Every time someone builds one of these things and skips over "overcomplicated theory", aphyr destroys them. At this point, I wonder if we could train an AI to look over a project's documentation, and predict whether it's likely to lose commmitted writes just based on the marketing / technical claims. We probably can.

  • /me strokes my long grey beard and nods

    People always think "theory is overrated" or "hacking is better than having a school education"

    And then proceed to shoot themselves in the foot with "workarounds" that break well known, well documented, well traversed problem spaces

  • The only post in this thread that actually summarized the core findings of the study, namely:

    - ACKed messages can be silently lost due to minority-node corruption.

    - A single-bit corruption can cause some replicas to lose up to 78% of stored messages

    - Snapshot corruption can propagate and lead to entire stream deletion across the cluster.

    - The default lazy-fsync mode can drop minutes of acknowledged writes on a crash.

    - A crash combined with network delay can cause persistent split-brain and divergent logs.

    - Data loss even with “sync_interval = always” in presence of membership changes or partitions.

    - Self-healing and replica convergence did not always work reliably after corruption.

    …was not downvoted, but flagged... That is telling. Documented failure modes are apparently controversial. Also raises the question: What level of technical due diligence was performed by organizations like Mastercard, Volvo, PayPal, Baidu, Alibaba, or AT&T before adopting this system?

    So what is next? Nominate NATS for the Silent Failure Peace Prize?

    • > Nominate NATS for the Silent Failure Peace Prize?

      One or two of the comments on GitHub by the NATS team in response to Issues opened by Kyle are also more than a bit cringeworthy.

      Such as this one:

      "Most of our production setups, and in fact Synadia Cloud as well is that each replica is in a separate AZ. These have separate power, networking etc. So the possibility of a loss here is extremely low in terms of due to power outages."

      Which Kyle had to call them out on:

      "Ah, I have some bad news here--placing nodes in separate AZs does not mean that NATS' strategy of not syncing things to disk is safe. See #7567 for an example of a single node failure causing data loss (and split-brain!)."

      https://github.com/nats-io/nats-server/issues/7564#issuecomm...

    • > What level of technical due diligence was performed by organizations like Mastercard, Volvo, PayPal, Baidu, Alibaba, or AT&T before adopting this system?

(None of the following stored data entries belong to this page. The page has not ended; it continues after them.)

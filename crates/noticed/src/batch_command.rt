//! The command `batch`.
use crate::buffer::{ROOM, let_go};
use crate::fault_note::NoteWriter;
use crate::start_error::StartError;
use dsn_outcome::Plain;
use dsn_report::Site;
use noticed_lib::{BatchEnd, Limits, batch};
use std::io::{BufReader, BufWriter};

/// Runs `batch` over the standard streams, and returns its status.
pub(crate) fn run_batch(rt: &HostRuntime, site: Site) -> Result<u8, StartError> {
    let reader = BufReader::with_capacity(rt.alloc(), ROOM, rt.stdin()).map_err(
        |_| StartError::NoMemory,
    )?;
    let writer = BufWriter::with_capacity(rt.alloc(), ROOM, rt.stdout()).map_err(
        |_| StartError::NoMemory,
    )?;
    let mut input = Plain::new(reader);
    let mut notes = Plain::new(NoteWriter::new(rt, None));
    let end = batch(
        rt.alloc(),
        &Limits::of_program(),
        site,
        &mut input,
        Plain::new(writer),
        &mut notes,
    );
    let BatchEnd {
        outbox,
        whole: _,
        fault: _,
        unsent: _,
        status,
    } = end;
    let_go(outbox.into_inner());
    Ok(status)
}
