//! The command `send`: sends the frames of standard input to a daemon's socket, and prints its
//! answers to standard output.
use crate::buffer::ROOM;
use crate::fault_note::print_fault_line;
use crate::socket_fault::note_socket_fault;
use crate::start_error::StartError;
use dsn_outcome::Plain;
use noticed_lib::send;
use std::io::BufReader;
use std::os::unix::net::UnixStream;
use std::sync::Wait;

/// Sends the frames of standard input to the daemon at this socket. Prints each answer in a line of
/// standard output as it comes, and a fault on standard error. Returns the status. Only in `main`
/// may the runtime wait, so `waiting` passes it again with this right.
pub(crate) fn run_send(
    rt: &HostRuntime,
    waiting: &impl Wait,
    socket: &str,
) -> Result<u8, StartError> {
    let reader = BufReader::with_capacity(rt.alloc(), ROOM, rt.stdin()).map_err(
        |_| StartError::NoMemory,
    )?;
    let connection = match UnixStream::connect(rt, socket) {
        Ok(connection) => connection,
        Err(error) => return Ok(note_socket_fault(rt, false, socket, &error)),
    };
    let mut input = Plain::new(reader);
    let mut stream = Plain::new(connection);
    let mut lines = Plain::new(rt.stdout());
    let end = send(waiting, rt.alloc(), &mut input, &mut stream, &mut lines);
    if let Some(code) = end.fault {
        print_fault_line(rt, code);
    }
    Ok(end.status)
}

      I have to note the following as a NATS fan:

        - I am horrified at Jespen's reliability findings, however they do vindicate certain design decisions I made in the past
      
        - 'Core NATS' is really mostly 'redis pubsub but better' and Core NATS is honestly awesome, low friction middleware. I've used it as part of eventing systems in the past and it works great.
      
        - FWIW, There's an MQTT bridge that requires Jetstream, but if you're just doing QoS 0 you can work around the other warts.
      
        - If you use Jetstream KV as a cache layer without real persistence (i.e. closer to how one uses Redis KV where it's just memory backed) you don't care about any of this. And again Jetstream KV IMO is better than Redis KV since they added TTL.
      

      All of that is a way to say, I'd bet a lot of them are using Core NATS or other specific features versus something like JetStream.

      tl;dr - Jetstream's reliability is horrifying apparently but I stand by the statement that Core NATS and Ephermal KV is amazing.

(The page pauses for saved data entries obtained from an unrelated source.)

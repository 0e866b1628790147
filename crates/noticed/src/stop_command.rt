//! The command `stop`: it ends the daemon at a socket, and waits until it has ended.
use crate::run_file::end_run;
use crate::socket_fault::print_socket_fault;
use crate::start_error::StartError;
use std::io::ErrorKind;

/// Ends the daemon at this socket, and waits until it has ended. Returns the status.
pub(crate) fn run_stop(rt: &HostRuntime, socket: &str) -> Result<u8, StartError> {
    match end_run(rt, socket) {
        Ok(()) => Ok(0),
        Err(error) if error.kind() == ErrorKind::OutOfMemory => Err(StartError::NoMemory),
        Err(error) => Ok(print_socket_fault(rt, socket, &error)),
    }
}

  • You can have DeepWiki literally scan the source code and tell you:

    > 2. Delayed Sync Mode (Default)

    > In the default mode, writes are batched and marked with needSync = true for later synchronization filestore.go:7093-7097 . The actual sync happens during the next syncBlocks() execution.

    However, if you read DeepWiki's conclusion, it is far more optimistic than what Aphyr uncovered in real-world testing.

    > Durability Guarantees

    > Even with delayed fsyncs, NATS provides protection against data loss through:

    > 1. Write-Ahead Logging: Messages are written to log files before being acknowledged

    > 2. Periodic Sync: The sync timer ensures data is eventually flushed to disk

    > 3. State Snapshots: Full state is periodically written to index.db files filestore.go:9834-9850

    > 4. Error Handling: If sync operations fail, NATS attempts to rebuild state from existing data filestore.go:7066-7072"

    https://deepwiki.com/search/will-nats-lose-uncommitted-wri_b...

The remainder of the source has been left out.